Nachdem ich mich damit begnügt habe, die Fadenalgen rauszufischen, möchte ich gerne jetzt den Teich gründlich restaurieren ohne zu stark ins Ökosystem einzugreifen. Ich habe heute mal mit einem kleinen Kescher den Grund etwas "abgegrast" und weiß jetzt warum das Wasser nicht klar ist. Die Vorbesitzer hatten offenbar keinen Bock, irgendetwas am Teich zu machen, ich habe eine stinkende Masse nach oben befördert, die wohl zumeist aus halbverfaulten Blättern besteht.

Meine Frage: Kann ich mit einem großen Kescher so den Grund des Teiches von Unrat befreien oder wirbel ich zu viel Schmutz auf? Auch wenn die Fische früher oder später rausfliegen, möchte ich sie nämlich trotzdem nicht ersticken lassen.

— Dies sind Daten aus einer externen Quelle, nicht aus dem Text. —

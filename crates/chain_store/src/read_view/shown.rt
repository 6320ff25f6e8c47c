// What is shown of a column, to which more may be added.
ghost use Rattle.std.specs.Prelude.{◌≡◌, ◌≤◌, ◌<◌, ◌-◌, [], ◌∷◌, ◌++◌, length, map, drop, IfOk, IfErr, OnOk, OnErr, slice_index_or};
ghost use Rattle.log_node.specs.Vectors.{all_regions, at, greater, zeros};
ghost use Rattle.chain_store.specs.Kept.{kept_items, HasRoom};
ghost use Rattle.chain_store.specs.Shown.{shown_view, merged, part, IsPart};

use crate::looks::Looked;
use col_core::{Chains, View};
use log_node::{Counts, Item, Items, ListOf};
use std::alloc::{AllocError, Global};
use std::collections::VecDeque;
use std::marker::Model;

/// The nodes of one chain that are kept, in its order. Contracts see them, and for how many more there is room.
#[derive(Drop)]
pub(crate) struct Chain {
    items: VecDeque<Item>,
}

impl Model for Chain {
    ghost use Rattle.std.specs.Prelude.{◌-◌};
    ghost use Rattle.std.specs.VecDeque.{deque_len, deque_capacity};
    ghost use Rattle.chain_store.specs.Kept.{Kept};

    ghost Value = { Kept };

    ghost view = { λ a. record { items = a.items.items; room = deque_capacity a.items - deque_len a.items } };
}

// Nodes once more, behind those that are there.
fn share_all(copies: &mut Vec<Item>, items: &[Item]) -> Result<(), AllocError>
    ensures { OnOk result (copies.new.items ≡ copies.old.items ++ items.now) }
{
    for item in items {
        copies.push(item.share()?)?;
    }
    Ok(())
}

impl Chain {
    // These nodes.
    fn of(items: Items) -> Chain
        ensures { result.items ≡ items }
    {
        Chain {
            items: VecDeque::from_vec(items.into_vec()),
        }
    }

    // Where its memory is from.
    fn allocator(&self) -> Global {
        *self.items.allocator()
    }

    // Room for so many more.
    fn reserve(&mut self, more: usize) -> Result<(), AllocError>
        ensures same { self.new.items ≡ self.old.items }
        ensures room { OnOk result (more ≤ self.new.room) }
    {
        self.items.reserve(more)
    }

    // Without so many of the first ones.
    fn drop_front(&mut self, count: u64)
        ensures items { self.new.items ≡ drop count self.old.items }
        ensures room { self.old.room ≤ self.new.room }
    {
        let count = (count as usize).min(self.items.len());
        for _ in 0..count {
            drop(self.items.pop_front());
        }
    }

    // Without so many of the first ones, and with more at the end, for which there is room. What stays is not touched.
    fn move_on(&mut self, count: u64, more: Items)
        requires { length more ≤ self.old.room }
        ensures { self.new.items ≡ drop count self.old.items ++ more }
    {
        self.drop_front(count);
        let mut more = VecDeque::from_vec(more.into_vec());
        if let Err(_) = self.items.append(&mut more) {
            unreachable!();
        }
    }

    // The nodes once more, without so many of the first ones.
    fn shared_from(&self, alloc: Global, count: u64) -> Result<Items, AllocError>
        ensures { IfOk result (λ items. items ≡ drop count self.now.items) }
    {
        let count = (count as usize).min(self.items.len());
        let (front, back) = self.items.as_slices();
        let mut copies = Vec::with_capacity(alloc, self.items.len() - count)?;
        share_all(&mut copies, &front[count.min(front.len())..])?;
        share_all(&mut copies, &back[count.saturating_sub(front.len())..])?;
        Ok(ListOf::from(copies))
    }
}

/// A view of a column from its base on: how many events it has, what may be played, from where on nodes are kept, and for
/// each region the nodes from there up to the cut.
#[derive(Drop)]
pub struct Shown {
    pub(crate) region: u8,
    pub(crate) colour: u8,
    pub(crate) events: u64,
    pub(crate) cut: Counts,
    pub(crate) base: Counts,
    chains: [Chain; 4],
}

// The chains of a view, each by itself.
fn each_of(chains: Chains) -> (Items, Items, Items, Items)
    requires { length chains ≡ 4 }
    ensures { chains ≡ result.0 ∷ result.1 ∷ result.2 ∷ result.3 ∷ [] }
{
    let mut chains = chains.into_vec();
    let first = chains.remove(0);
    let second = chains.remove(0);
    let third = chains.remove(0);
    (first, second, third, chains.remove(0))
}

// Room in each chain for more nodes.
fn reserve_each(chains: &mut [Chain; 4], more: &[Items]) -> Result<(), AllocError>
    requires { length more.now ≡ 4 }
    ensures same { kept_items chains.new ≡ kept_items chains.old }
    ensures room { OnOk result (HasRoom chains.new more.now) }
{
    chains[0].reserve(more[0].len())?;
    chains[1].reserve(more[1].len())?;
    chains[2].reserve(more[2].len())?;
    chains[3].reserve(more[3].len())
}

// How many nodes of a region's chain lie between a base and counts, none where those are below it.
fn between(base: Counts, counts: Counts, region: u8) -> u64
    requires { region < 4 }
    ensures { result ≡ at counts region - at base region }
{
    counts
        .of_region(region)
        .saturating_sub(base.of_region(region))
}

// Each chain without the nodes below a newer base, and with more at its end, for which there is room.
fn move_each(chains: &mut [Chain; 4], old: Counts, base: Counts, more: Chains)
    requires four { length more ≡ 4 }
    requires room { HasRoom chains.old more }
    ensures { kept_items chains.new ≡ map (λ region. drop (at base region - at old region)
        (slice_index_or (kept_items chains.old) region []) ++ slice_index_or more region []) all_regions }
{
    let (first, second, third, fourth) = each_of(more);
    chains[0].move_on(between(old, base, 0), first);
    chains[1].move_on(between(old, base, 1), second);
    chains[2].move_on(between(old, base, 2), third);
    chains[3].move_on(between(old, base, 3), fourth);
}

/// A view once more, with the same nodes.
pub(crate) fn shared(alloc: Global, view: &View) -> Result<View, AllocError>
    ensures { IfOk result (λ copy. copy ≡ view.now) }
{
    let items = shared_chains(alloc, view.items.as_slice())?;
    Ok(View {
        region: view.region,
        colour: view.colour,
        events: view.events,
        cut: view.cut,
        base: view.base,
        from: view.from,
        items,
    })
}

// The same nodes of each chain.
fn shared_chains(alloc: Global, chains: &[Items]) -> Result<Chains, AllocError>
    ensures { IfOk result (λ copies. copies ≡ chains.now) }
{
    let mut copies = Vec::with_capacity(alloc, chains.len())?;
    for items in chains {
        copies.push(shared_items(alloc, items.as_slice())?)?;
    }
    Ok(ListOf::from(copies))
}

// The same nodes of one.
fn shared_items(alloc: Global, items: &[Item]) -> Result<Items, AllocError>
    ensures { IfOk result (λ copies. copies ≡ items.now) }
{
    let mut copies = Vec::with_capacity(alloc, items.len())?;
    share_all(&mut copies, items)?;
    Ok(ListOf::from(copies))
}

impl Shown {
    /// What such a view shows that begins at its base.
    pub(crate) fn of(view: View) -> Shown
        requires four { length view.items ≡ 4 }
        requires from { view.from ≡ greater zeros view.base }
        ensures { shown_view result ≡ view }
    {
        let (first, second, third, fourth) = each_of(view.items);
        Shown {
            region: view.region,
            colour: view.colour,
            events: view.events,
            cut: view.cut,
            base: view.base,
            chains: [
                Chain::of(first),
                Chain::of(second),
                Chain::of(third),
                Chain::of(fourth),
            ],
        }
    }

    /// Takes in a view that goes on from the cut, and leaves out what lies below its base. Without memory nothing changes,
    /// and the view comes back.
    pub(crate) fn add(&mut self, view: View) -> Result<(), View>
        requires { length view.items ≡ 4 }
        ensures ok { OnOk result (shown_view self.new ≡ merged (shown_view self.old) view) }
        ensures err { IfErr result (λ v. (v ≡ view) × (shown_view self.new ≡ shown_view self.old)) }
    {
        if let Err(_) = reserve_each(&mut self.chains, view.items.as_slice()) {
            return Err(view);
        }
        move_each(&mut self.chains, self.base, view.base, view.items);
        self.region = view.region;
        self.colour = view.colour;
        self.events = view.events;
        self.cut = view.cut;
        self.base = view.base;
        Ok(())
    }

    /// The same where the view stays: its nodes are shared. Without memory nothing changes.
    pub(crate) fn add_shared(&mut self, view: &View) -> Result<(), AllocError>
        requires { length view.now.items ≡ 4 }
        ensures ok { OnOk result (shown_view self.new ≡ merged (shown_view self.old) view.now) }
        ensures err { OnErr result (shown_view self.new ≡ shown_view self.old) }
    {
        let copy = shared(self.chains[0].allocator(), view)?;
        match self.add(copy) {
            Ok(()) => Ok(()),
            Err(_copy) => Err(AllocError),
        }
    }

    // What a reader with these counts sees of a region's chain.
    fn chain_from(&self, alloc: Global, from: Counts, region: u8) -> Result<Items, AllocError>
        requires { region < 4 }
        ensures { IfOk result (λ items. items ≡ drop (at from region - at self.now.base region)
            (slice_index_or (kept_items self.now.chains) region [])) }
    {
        self.chains[region as usize].shared_from(alloc, between(self.base, from, region))
    }

    /// What a reader with these counts sees.
    pub(crate) fn look(&self, alloc: Global, from: Counts) -> Result<View, AllocError>
        ensures { IfOk result (λ v. v ≡ part (shown_view self.now) from) }
    {
        let mut items = Chains::with_capacity(alloc, 4)?;
        items.push(self.chain_from(alloc, from, 0)?)?;
        items.push(self.chain_from(alloc, from, 1)?)?;
        items.push(self.chain_from(alloc, from, 2)?)?;
        items.push(self.chain_from(alloc, from, 3)?)?;
        Ok(View {
            region: self.region,
            colour: self.colour,
            events: self.events,
            cut: self.cut,
            base: self.base,
            from: from.greater(self.base),
            items,
        })
    }

    /// What a reader sees who goes on from these counts; behind the base that is the base alone.
    pub(crate) fn look_on(&self, alloc: Global, from: Counts) -> Result<Looked, AllocError>
        ensures { IfOk result (IsPart (shown_view self.now) from) }
    {
        if !self.base.is_within(from) {
            return Ok(Looked::Behind { base: self.base });
        }
        Ok(Looked::On(self.look(alloc, from)?))
    }
}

Zweite Frage: Ich gehe davon aus, dass im Teich keine Unterwasserpflanzen sind, ich möchte einige einsetzen. Aber wie geht das? Kommen die richtig ins tiefe Wasser? Kann ich die einfach reinwerfen oder müssen die festgemacht werden? (habe wirklich keine Ahnung wie man das macht...)

Für sachdienliche Hinweise wäre ich sehr dankbar!
Markus


----------



## Thomas_H (3. Apr. 2007)

*AW: Schlamm aus älterem Gartenteich entfernen*

Hallo Markus,
wie tief ist der Teich denn?

Die Wasserfarbe ist momentan bei mir Klatschgrün und auch deine Wasserfarbe ist momentan wohl normal.

Nur mit dem Kescher rumfummeln würde ich nicht machen, da der Schlamm sonst in Lösung geht.
Ich würde vielleicht einen Schlammsauger ausleihen;- aber man müßte mal Bilder sehen.

Wie tief ist der Teich?;- Wie dich ist die Schlammschicht?

Unterwasserpflanzen;- Hornkraut, Wasserpest kannst du einfach in den Teich werfen.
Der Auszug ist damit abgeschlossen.